The recently solved crystal structure of 1 bound to PP-1 has revealed critical determinants for PP-1 binding by the diacid form of 1.10 Among these, the C3′ OH moiety forms an H-bond with the amide NH of Val250. Previous studies showing C3′ epi-TTM to be ~1000 fold less effective at PP-1 inhibition than 1 have shown the clear importance C3′ stereochemistry but not necessarily its mere presence.8 Hence, production of 3 permitted us to examine this issue. We evaluated the cytotoxicity of 1 and 3–5 against A549 lung adenocarcinoma, Du145 colon carcinoma, HT29 colon adenocarcinoma and MCF7 breast carcinoma cell lines (Table 1). Additionally, we evaluated the activity of 1 and its congeners as inhibitors of PP-1 and PP-2A (Table 2).
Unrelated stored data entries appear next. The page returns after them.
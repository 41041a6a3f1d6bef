//! The order of the callers whose Invokes are held back.

ghost use Rattle.std.specs.Prelude.{◌≡◌, ◌↔◌, ◌++◌, ◌∷◌, [], length, not, is_some, position, remove, slice_index_or};
ghost use Rattle.std.specs.Prelude.{IfOk, IfErr, IfSome, IsTrue, MatchOption};
ghost use Rattle.std.specs.Arc.{arc_value};
ghost use Rattle.long_poll.specs.Queues.{first_of, first_waiting, next_of, is_numbered, is_waiting};
ghost use Rattle.long_poll.specs.Queues.{Changes, HasTurn, called, spare_of, trying};
ghost use Rattle.long_poll.specs.declared.line.queue.Caller.{Caller};

use super::seat::Seat;
use arn_ids::FnNo;
use std::alloc::{AllocError, Global};
use std::sync::Arc;

/// A caller whose Invoke is held back.
#[derive(Drop)]
pub(crate) struct Caller {
    function: FnNo,
    number: u64,
    // How often it was called since it last tried, and how often it had been called then: for each time
    // an environment may be ready.
    called: u64,
    tried: u64,
    seat: Arc<Seat>,
}

impl Caller {
    /// Makes the caller with this number, who invokes this function and was called so often.
    pub(crate) fn new(function: FnNo, number: u64, called: u64, seat: Arc<Seat>) -> Caller
        ensures { result ≡ record { function = function; number = number; called = called; tried = 0; seat = seat } }
    {
        Caller {
            function,
            number,
            called,
            tried: 0,
            seat,
        }
    }
}

/// Returns a called caller's seat; or wakes its thread, if the seat cannot be shared.
fn shared(seat: &Arc<Seat>) -> Option<Arc<Seat>>
    ensures { IfSome result (λ it. arc_value it ≡ arc_value seat.now) }
{
    match Arc::try_clone(seat) {
        Ok(seat) => Some(seat),
        Err(AllocError) => {
            seat.wake();
            None
        }
    }
}

/// The callers whose Invokes are held back, in the order in which they came.
#[derive(Drop)]
pub(crate) struct Queue {
    callers: Vec<Caller>,
}

impl Queue {
    /// Makes an empty queue. It allocates nothing.
    pub(crate) fn new(alloc: Global) -> Queue
        ensures { result.callers.items ≡ [] }
    {
        Queue {
            callers: Vec::new(alloc),
        }
    }

    /// Returns how many callers there are.
    pub(crate) fn len(&self) -> u64
        ensures { result ≡ length self.now.callers.items }
    {
        self.callers.len() as u64
    }

    /// Removes the callers whose places were dropped.
    pub(crate) fn tidy(&mut self) {
        self.callers.retain(|caller| !caller.seat.is_left());
    }

    /// Lets a caller join at the end.
    ///
    /// # Errors
    /// If an allocation fails. The queue is then as it was.
    pub(crate) fn join(&mut self, caller: Caller) -> Result<(), AllocError>
        ensures last { IfOk result (λ _. self.new.callers.items ≡ self.old.callers.items ++ caller ∷ []) }
        ensures same { IfErr result (λ _. self.new.callers.items ≡ self.old.callers.items) }
    {
        Ok(self.callers.push(caller)?)
    }

    /// Returns the place of a function's first caller.
    fn first_of(&self, function: FnNo) -> Option<usize>
        ensures { result ≡ first_of function self.now.callers.items }
    {
        self.callers
            .iter()
            .position(|caller| caller.function == function)
    }

    /// Returns the place of a function's first caller that was not called since it last tried.
    fn first_waiting(&self, function: FnNo) -> Option<usize>
        ensures { result ≡ first_waiting function self.now.callers.items }
    {
        self.callers
            .iter()
            .position(|caller| caller.function == function && caller.called == 0)
    }

    /// Returns the place of the first caller of any function that was not called since it last tried.
    fn first_of_any(&self) -> Option<usize>
        ensures { result ≡ position is_waiting self.now.callers.items }
    {
        self.callers.iter().position(|caller| caller.called == 0)
    }

    /// Returns the place of the caller to call when an environment of this function may be ready.
    fn next_of(&self, function: FnNo) -> Option<usize>
        ensures { result ≡ next_of function self.now.callers.items }
    {
        self.first_waiting(function)
            .or(self.first_of(function))
            .or(self.first_of_any())
    }

    /// Returns the place of the caller with this number.
    fn place_of(&self, number: u64) -> Option<usize>
        ensures { result ≡ position (is_numbered number) self.now.callers.items }
    {
        self.callers
            .iter()
            .position(|caller| caller.number == number)
    }

    /// Returns whether no caller of this function waits, so that a newcomer may try.
    pub(crate) fn is_free(&self, function: FnNo) -> bool
        ensures { result ≡ not (is_some (first_of function self.now.callers.items)) }
    {
        self.first_of(function).is_none()
    }

    /// Returns whether the caller with this number may try: if it was called since it last tried, or is the first of
    /// its function. It counts as trying then.
    pub(crate) fn may_try(&mut self, number: u64) -> bool
        ensures list { MatchOption (position (is_numbered number) self.old.callers.items)
            (self.new.callers.items ≡ self.old.callers.items)
            (λ at. Changes trying at self.old.callers.items self.new.callers.items) }
        ensures turn { (d : Caller) → IfSome (position (is_numbered number) self.old.callers.items)
            (λ at. IsTrue result ↔ HasTurn self.old.callers.items at (slice_index_or self.old.callers.items at d)) }
    {
        let Some(at) = self.place_of(number) else {
            return true;
        };
        let is_first = self.first_of(self.callers[at].function) == Some(at);
        let caller = &mut self.callers[at];
        let was_called = caller.called > 0;
        caller.tried = caller.called;
        caller.called = 0;
        is_first || was_called
    }

    /// Calls the next caller, so many times at once. Returns its seat, in which its thread is to be woken once the queue
    /// is not locked any more. (If the seat cannot be shared, its thread is woken at once.)
    pub(crate) fn call(&mut self, function: FnNo, times: u64) -> Option<Arc<Seat>>
        ensures list { MatchOption (next_of function self.old.callers.items)
            (self.new.callers.items ≡ self.old.callers.items)
            (λ at. Changes (called times) at self.old.callers.items self.new.callers.items) }
        ensures seat { (d : Caller) → IfSome result (λ seat. IfSome (next_of function self.old.callers.items)
            (λ at. arc_value seat ≡ arc_value (slice_index_or self.old.callers.items at d).seat)) }
    {
        let at = self.next_of(function)?;
        let caller = &mut self.callers[at];
        caller.called = caller.called.saturating_add(times);
        shared(&caller.seat)
    }

    /// Removes the caller with this number. Returns how often the next one is to be called in its place: for each of
    /// its calls but the one that it needed; once if it was not called, since something else has changed then.
    pub(crate) fn remove(&mut self, number: u64) -> u64
        ensures list { MatchOption (position (is_numbered number) self.old.callers.items)
            (self.new.callers.items ≡ self.old.callers.items)
            (λ at. self.new.callers.items ≡ remove self.old.callers.items at) }
        ensures spare { (d : Caller) → IfSome (position (is_numbered number) self.old.callers.items)
            (λ at. result ≡ spare_of (slice_index_or self.old.callers.items at d)) }
    {
        let Some(at) = self.place_of(number) else {
            return 0;
        };
        let caller = self.callers.remove(at);
        let calls = caller.called.saturating_add(caller.tried);
        if calls == 0 { 1 } else { calls - 1 }
    }
}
The results of cytotoxicity and PP inhibition assays for 1, 3, 4, and 5 shed new insight into the relationship of PP inhibition to cell killing capacity for these compounds. All 3′-deshydroxy TTM analogs were found to be approximately one order of magnitude less cytotoxic than 1 (Table 1) invoking the clear significance of the C3′ OH moiety. Consistent with previous reports, 1 was much more effective at inhibiting PP-1 than PP-2A (Table 2) and did so at low nM concentrations.1,2,8 More surprising was that all three 3′-deshydroxy analogs are very poor inhibitors of both PPs. PP-1 could be inhibited by 3–5 but with IC50 values 1000-fold higher than for 1, consistent with earlier studies of C3′ epi-TTM.8
The significantly greater impact of C3′ OH removal upon PP inhibition than on cytotoxicity, relative to 1, makes clear that PP inhibition is not the sole means by which TTM exerts antitumor activity. This is consistent with previous reports of apoptosis induction by 1, which is independent of PP inhibition and relies on structural determinants separate from those needed for PP inhibition.4 This realization and our full knowledge of the ttm biosynthetic gene cluster11 provides a framework for future biosynthetic and mechanistic studies of 1.
We thank the Analytical Instrumentation Center of the School of Pharmacy, UW-Madison for support in obtaining MS and NMR data. This work is supported in part by NIH grants CA113297.